[Saved data entries]

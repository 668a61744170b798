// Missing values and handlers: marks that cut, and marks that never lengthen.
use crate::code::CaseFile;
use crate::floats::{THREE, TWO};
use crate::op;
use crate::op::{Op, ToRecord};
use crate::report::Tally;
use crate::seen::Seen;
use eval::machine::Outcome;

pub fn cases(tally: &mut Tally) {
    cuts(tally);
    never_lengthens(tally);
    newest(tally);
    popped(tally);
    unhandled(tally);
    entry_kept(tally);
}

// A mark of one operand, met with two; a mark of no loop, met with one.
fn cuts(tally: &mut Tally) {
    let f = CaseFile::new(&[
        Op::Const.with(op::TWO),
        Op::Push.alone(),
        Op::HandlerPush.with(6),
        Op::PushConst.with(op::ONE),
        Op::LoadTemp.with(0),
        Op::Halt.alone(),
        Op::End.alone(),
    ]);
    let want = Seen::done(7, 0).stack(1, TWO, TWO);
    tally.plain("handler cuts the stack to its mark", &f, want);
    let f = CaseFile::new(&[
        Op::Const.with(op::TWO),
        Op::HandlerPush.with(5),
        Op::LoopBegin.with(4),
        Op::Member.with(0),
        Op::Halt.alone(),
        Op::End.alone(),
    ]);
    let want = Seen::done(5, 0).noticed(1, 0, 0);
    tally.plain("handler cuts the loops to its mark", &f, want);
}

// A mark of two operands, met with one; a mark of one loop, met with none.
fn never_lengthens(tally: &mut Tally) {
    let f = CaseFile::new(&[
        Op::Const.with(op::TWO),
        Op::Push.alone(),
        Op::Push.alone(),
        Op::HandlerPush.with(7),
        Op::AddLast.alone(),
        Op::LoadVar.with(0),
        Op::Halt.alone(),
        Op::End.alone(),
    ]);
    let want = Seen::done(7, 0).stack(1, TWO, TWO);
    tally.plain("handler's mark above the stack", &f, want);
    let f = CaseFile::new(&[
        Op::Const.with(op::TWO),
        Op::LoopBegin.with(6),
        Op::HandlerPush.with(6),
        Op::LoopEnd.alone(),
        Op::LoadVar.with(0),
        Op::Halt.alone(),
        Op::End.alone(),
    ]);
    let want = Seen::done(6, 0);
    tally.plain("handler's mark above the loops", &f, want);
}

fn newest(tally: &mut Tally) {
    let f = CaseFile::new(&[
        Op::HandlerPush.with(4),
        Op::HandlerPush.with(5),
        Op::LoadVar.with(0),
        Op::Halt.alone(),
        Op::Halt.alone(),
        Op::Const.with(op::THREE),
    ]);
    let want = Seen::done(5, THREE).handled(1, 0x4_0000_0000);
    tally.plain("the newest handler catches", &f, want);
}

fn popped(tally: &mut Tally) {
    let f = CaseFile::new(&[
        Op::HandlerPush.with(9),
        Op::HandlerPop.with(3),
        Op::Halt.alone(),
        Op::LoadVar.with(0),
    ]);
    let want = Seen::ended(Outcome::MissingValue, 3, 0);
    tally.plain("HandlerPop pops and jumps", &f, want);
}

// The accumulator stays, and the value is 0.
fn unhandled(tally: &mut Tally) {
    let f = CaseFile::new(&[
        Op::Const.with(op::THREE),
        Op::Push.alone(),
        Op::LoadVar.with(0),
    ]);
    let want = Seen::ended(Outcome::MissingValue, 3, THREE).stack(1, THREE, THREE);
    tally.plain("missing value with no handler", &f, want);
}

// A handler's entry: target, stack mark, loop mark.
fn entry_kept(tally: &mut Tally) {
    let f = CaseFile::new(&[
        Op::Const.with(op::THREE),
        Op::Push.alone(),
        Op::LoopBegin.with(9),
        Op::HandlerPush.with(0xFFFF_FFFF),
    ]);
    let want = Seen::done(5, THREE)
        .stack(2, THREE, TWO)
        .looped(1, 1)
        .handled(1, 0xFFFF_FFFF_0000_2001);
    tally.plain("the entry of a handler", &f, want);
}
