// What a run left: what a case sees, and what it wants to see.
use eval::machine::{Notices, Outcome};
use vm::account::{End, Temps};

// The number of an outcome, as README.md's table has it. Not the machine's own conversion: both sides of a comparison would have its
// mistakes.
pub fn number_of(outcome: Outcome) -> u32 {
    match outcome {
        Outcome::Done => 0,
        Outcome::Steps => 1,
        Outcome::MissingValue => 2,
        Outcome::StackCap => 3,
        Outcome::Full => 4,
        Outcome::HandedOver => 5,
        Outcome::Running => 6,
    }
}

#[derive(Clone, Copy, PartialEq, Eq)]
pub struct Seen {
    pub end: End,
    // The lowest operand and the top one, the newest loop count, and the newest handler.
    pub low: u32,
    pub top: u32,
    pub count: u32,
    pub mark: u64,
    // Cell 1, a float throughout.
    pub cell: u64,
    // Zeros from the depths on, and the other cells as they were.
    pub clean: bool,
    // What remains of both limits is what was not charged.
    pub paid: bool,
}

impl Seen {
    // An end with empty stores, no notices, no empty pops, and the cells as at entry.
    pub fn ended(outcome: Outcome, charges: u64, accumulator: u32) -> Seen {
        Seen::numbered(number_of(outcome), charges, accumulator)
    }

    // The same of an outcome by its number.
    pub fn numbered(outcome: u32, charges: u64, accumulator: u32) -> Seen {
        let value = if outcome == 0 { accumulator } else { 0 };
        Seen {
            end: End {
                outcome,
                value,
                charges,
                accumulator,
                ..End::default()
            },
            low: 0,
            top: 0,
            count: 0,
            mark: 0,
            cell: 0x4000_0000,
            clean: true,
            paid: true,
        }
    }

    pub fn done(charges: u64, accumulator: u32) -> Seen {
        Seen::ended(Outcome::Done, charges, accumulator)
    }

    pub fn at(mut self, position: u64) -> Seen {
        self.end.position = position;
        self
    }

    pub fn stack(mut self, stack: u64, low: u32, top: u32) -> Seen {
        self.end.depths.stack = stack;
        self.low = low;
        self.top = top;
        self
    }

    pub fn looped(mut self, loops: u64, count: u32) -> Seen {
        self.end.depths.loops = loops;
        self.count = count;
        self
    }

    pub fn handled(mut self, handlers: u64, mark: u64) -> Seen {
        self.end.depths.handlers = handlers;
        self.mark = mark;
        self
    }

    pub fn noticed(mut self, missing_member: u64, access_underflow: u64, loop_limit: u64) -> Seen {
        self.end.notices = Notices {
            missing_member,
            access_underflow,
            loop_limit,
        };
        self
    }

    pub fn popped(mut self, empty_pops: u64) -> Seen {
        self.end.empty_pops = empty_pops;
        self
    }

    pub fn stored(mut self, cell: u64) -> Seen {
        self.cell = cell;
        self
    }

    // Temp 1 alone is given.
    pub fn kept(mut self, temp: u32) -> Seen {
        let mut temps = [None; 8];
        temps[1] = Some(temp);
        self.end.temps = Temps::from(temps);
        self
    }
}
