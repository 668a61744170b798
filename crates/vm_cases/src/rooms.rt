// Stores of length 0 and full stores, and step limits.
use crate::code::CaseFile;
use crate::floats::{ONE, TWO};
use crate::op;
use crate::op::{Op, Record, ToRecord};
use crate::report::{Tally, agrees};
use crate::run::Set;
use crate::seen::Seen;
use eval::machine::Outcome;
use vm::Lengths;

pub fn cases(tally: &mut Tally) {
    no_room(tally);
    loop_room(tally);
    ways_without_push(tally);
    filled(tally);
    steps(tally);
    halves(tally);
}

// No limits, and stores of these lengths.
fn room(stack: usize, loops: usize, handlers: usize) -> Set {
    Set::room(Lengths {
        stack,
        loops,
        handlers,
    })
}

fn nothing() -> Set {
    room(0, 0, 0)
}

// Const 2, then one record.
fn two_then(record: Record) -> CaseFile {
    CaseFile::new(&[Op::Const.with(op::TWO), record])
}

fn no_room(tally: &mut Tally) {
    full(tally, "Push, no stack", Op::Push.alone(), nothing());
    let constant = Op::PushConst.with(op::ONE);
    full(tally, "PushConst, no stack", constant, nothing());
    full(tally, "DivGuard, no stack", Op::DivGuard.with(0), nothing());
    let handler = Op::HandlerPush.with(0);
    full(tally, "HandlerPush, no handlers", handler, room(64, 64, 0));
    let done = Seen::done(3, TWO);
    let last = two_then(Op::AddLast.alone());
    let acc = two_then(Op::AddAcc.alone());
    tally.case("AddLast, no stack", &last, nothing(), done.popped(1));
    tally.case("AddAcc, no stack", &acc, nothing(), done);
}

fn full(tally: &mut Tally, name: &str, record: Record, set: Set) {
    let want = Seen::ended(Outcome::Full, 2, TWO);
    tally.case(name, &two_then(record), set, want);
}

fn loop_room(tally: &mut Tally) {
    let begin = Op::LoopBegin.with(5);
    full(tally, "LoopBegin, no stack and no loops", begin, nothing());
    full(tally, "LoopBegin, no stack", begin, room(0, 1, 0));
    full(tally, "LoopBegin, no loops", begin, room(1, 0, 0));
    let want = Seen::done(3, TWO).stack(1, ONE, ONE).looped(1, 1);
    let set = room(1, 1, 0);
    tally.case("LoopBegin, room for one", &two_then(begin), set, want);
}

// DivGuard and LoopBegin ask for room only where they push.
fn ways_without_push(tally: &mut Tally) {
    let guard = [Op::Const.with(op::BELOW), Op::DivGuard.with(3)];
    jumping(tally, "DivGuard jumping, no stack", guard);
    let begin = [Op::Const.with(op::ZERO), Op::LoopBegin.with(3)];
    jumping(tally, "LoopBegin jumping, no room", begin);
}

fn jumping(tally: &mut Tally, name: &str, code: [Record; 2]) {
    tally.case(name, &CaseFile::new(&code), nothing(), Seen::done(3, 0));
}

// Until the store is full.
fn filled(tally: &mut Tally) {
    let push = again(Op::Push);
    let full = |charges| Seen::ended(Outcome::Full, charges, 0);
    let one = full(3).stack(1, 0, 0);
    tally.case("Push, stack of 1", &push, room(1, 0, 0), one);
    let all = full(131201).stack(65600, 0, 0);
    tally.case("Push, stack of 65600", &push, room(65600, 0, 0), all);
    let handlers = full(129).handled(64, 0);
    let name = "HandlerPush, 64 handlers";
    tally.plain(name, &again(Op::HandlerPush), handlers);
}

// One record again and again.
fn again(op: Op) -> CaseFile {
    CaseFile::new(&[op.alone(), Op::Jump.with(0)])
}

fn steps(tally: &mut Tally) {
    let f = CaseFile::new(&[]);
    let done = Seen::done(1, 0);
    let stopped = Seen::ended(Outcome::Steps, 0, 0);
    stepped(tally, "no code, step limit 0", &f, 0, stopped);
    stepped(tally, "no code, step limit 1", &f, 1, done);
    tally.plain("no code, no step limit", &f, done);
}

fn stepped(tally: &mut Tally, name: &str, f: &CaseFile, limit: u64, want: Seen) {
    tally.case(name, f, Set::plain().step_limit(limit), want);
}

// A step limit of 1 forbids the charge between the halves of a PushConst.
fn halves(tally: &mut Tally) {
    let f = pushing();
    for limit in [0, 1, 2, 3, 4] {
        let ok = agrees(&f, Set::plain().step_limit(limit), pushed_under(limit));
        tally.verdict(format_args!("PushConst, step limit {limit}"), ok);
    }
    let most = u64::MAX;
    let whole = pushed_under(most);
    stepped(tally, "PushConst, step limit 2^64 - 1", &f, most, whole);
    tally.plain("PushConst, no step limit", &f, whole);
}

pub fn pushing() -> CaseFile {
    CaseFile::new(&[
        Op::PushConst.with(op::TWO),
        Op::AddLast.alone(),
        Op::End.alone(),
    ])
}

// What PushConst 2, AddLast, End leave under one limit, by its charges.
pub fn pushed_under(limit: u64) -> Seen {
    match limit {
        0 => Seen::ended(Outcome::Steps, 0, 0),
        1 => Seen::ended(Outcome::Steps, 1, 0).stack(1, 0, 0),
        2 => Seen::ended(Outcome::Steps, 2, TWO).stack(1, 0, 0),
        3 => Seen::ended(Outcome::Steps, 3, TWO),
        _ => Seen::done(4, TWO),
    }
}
--
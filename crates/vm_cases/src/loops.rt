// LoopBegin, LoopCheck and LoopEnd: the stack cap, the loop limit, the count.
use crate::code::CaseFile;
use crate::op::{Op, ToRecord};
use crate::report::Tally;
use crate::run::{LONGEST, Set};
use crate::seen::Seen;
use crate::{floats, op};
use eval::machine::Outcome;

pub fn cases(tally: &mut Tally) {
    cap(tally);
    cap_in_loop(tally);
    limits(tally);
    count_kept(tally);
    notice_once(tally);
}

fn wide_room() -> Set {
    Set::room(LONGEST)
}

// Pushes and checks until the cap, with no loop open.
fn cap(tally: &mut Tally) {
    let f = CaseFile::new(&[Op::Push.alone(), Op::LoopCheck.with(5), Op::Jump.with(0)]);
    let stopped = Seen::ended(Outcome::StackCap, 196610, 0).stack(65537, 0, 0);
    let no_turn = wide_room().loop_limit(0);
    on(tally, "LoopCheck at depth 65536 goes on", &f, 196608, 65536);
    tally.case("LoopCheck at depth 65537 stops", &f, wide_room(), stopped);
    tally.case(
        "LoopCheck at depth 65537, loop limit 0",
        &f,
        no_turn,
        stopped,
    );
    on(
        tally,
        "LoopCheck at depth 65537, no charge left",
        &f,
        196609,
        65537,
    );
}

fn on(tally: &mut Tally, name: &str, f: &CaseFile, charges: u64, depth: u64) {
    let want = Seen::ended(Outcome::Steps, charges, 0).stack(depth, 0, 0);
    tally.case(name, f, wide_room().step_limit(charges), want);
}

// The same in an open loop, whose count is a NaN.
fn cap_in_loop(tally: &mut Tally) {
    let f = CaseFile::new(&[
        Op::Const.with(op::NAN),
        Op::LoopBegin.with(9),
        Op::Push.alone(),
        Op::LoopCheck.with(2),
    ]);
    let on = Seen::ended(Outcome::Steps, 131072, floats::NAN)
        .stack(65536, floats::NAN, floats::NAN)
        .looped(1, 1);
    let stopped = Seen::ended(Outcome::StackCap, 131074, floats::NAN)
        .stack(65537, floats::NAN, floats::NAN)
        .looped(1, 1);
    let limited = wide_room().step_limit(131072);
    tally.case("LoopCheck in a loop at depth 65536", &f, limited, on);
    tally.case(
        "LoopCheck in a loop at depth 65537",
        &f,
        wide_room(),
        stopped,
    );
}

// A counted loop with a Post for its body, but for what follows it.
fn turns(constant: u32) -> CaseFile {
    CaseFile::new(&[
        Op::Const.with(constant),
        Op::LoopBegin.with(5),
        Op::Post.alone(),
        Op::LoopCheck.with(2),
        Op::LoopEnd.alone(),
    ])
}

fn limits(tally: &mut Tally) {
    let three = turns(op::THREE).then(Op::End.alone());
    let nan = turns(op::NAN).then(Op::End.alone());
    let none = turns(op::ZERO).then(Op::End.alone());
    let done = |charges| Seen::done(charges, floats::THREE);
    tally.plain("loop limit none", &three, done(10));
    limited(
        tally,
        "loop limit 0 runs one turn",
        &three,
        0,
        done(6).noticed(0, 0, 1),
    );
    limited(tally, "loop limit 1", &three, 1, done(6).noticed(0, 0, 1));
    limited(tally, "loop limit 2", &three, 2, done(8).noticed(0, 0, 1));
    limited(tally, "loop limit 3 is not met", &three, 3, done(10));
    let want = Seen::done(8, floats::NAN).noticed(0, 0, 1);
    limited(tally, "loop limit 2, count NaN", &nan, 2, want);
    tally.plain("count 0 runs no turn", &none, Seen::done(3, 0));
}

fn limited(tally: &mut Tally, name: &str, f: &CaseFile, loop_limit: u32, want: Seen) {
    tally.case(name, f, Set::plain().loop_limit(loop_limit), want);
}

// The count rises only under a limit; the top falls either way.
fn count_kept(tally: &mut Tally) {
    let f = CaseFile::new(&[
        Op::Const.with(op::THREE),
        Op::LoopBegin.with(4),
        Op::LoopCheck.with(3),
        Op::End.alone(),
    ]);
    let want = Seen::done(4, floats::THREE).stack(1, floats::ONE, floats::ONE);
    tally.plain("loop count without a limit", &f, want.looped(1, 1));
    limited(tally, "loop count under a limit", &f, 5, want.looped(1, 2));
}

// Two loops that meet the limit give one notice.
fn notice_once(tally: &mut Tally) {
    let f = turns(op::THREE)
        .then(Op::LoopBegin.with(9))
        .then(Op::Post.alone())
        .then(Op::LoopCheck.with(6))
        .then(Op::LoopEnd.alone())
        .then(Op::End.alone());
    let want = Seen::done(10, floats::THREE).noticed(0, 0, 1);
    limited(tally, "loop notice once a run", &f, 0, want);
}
* * *
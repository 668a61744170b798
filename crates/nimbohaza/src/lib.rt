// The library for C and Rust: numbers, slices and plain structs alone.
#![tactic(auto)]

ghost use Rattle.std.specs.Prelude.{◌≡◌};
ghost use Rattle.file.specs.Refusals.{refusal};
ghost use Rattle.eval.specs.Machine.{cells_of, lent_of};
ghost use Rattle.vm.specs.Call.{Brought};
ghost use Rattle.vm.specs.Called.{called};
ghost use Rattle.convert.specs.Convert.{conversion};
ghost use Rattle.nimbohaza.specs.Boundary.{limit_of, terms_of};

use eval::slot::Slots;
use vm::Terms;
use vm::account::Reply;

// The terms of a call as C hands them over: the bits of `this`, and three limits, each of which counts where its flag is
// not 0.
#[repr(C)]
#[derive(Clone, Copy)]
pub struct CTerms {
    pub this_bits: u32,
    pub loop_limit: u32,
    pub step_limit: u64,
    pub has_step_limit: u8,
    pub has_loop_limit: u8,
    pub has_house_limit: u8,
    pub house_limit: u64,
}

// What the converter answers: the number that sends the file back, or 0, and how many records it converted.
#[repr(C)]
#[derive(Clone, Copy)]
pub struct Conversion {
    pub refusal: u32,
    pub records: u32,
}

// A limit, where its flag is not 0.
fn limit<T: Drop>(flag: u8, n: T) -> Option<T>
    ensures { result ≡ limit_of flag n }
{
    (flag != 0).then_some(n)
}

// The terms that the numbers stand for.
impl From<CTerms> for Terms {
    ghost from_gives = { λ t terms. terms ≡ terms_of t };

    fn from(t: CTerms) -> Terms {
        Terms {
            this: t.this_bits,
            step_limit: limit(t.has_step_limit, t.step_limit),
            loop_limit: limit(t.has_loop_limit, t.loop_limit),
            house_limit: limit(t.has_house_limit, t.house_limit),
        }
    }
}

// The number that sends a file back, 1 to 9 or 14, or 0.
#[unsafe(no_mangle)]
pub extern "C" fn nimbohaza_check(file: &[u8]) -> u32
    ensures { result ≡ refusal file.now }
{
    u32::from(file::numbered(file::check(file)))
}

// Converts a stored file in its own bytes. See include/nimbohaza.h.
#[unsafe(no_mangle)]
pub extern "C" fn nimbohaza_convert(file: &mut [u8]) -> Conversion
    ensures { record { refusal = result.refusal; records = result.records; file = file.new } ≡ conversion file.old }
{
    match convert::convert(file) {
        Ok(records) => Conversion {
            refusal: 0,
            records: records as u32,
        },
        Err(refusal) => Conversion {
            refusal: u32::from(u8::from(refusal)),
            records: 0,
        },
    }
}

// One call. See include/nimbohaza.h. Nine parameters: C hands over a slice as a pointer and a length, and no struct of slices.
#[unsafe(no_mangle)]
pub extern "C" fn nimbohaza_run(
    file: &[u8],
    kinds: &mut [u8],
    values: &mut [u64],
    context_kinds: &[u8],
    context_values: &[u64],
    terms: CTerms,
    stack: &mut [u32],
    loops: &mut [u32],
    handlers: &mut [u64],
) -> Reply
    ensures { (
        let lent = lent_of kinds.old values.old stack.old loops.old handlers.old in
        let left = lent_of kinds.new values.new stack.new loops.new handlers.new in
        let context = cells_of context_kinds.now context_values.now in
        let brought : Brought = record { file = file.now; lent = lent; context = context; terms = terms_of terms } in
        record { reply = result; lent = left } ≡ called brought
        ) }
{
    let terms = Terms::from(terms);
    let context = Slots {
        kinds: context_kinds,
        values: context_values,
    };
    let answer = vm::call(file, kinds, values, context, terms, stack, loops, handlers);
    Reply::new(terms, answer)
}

:: Instructions to follow ::
Work through the entries, filtering for the string "unhandled", and copy each line that holds it.

:: Solution to this problem ::
    unhandled(tally);
fn unhandled(tally: &mut Tally) {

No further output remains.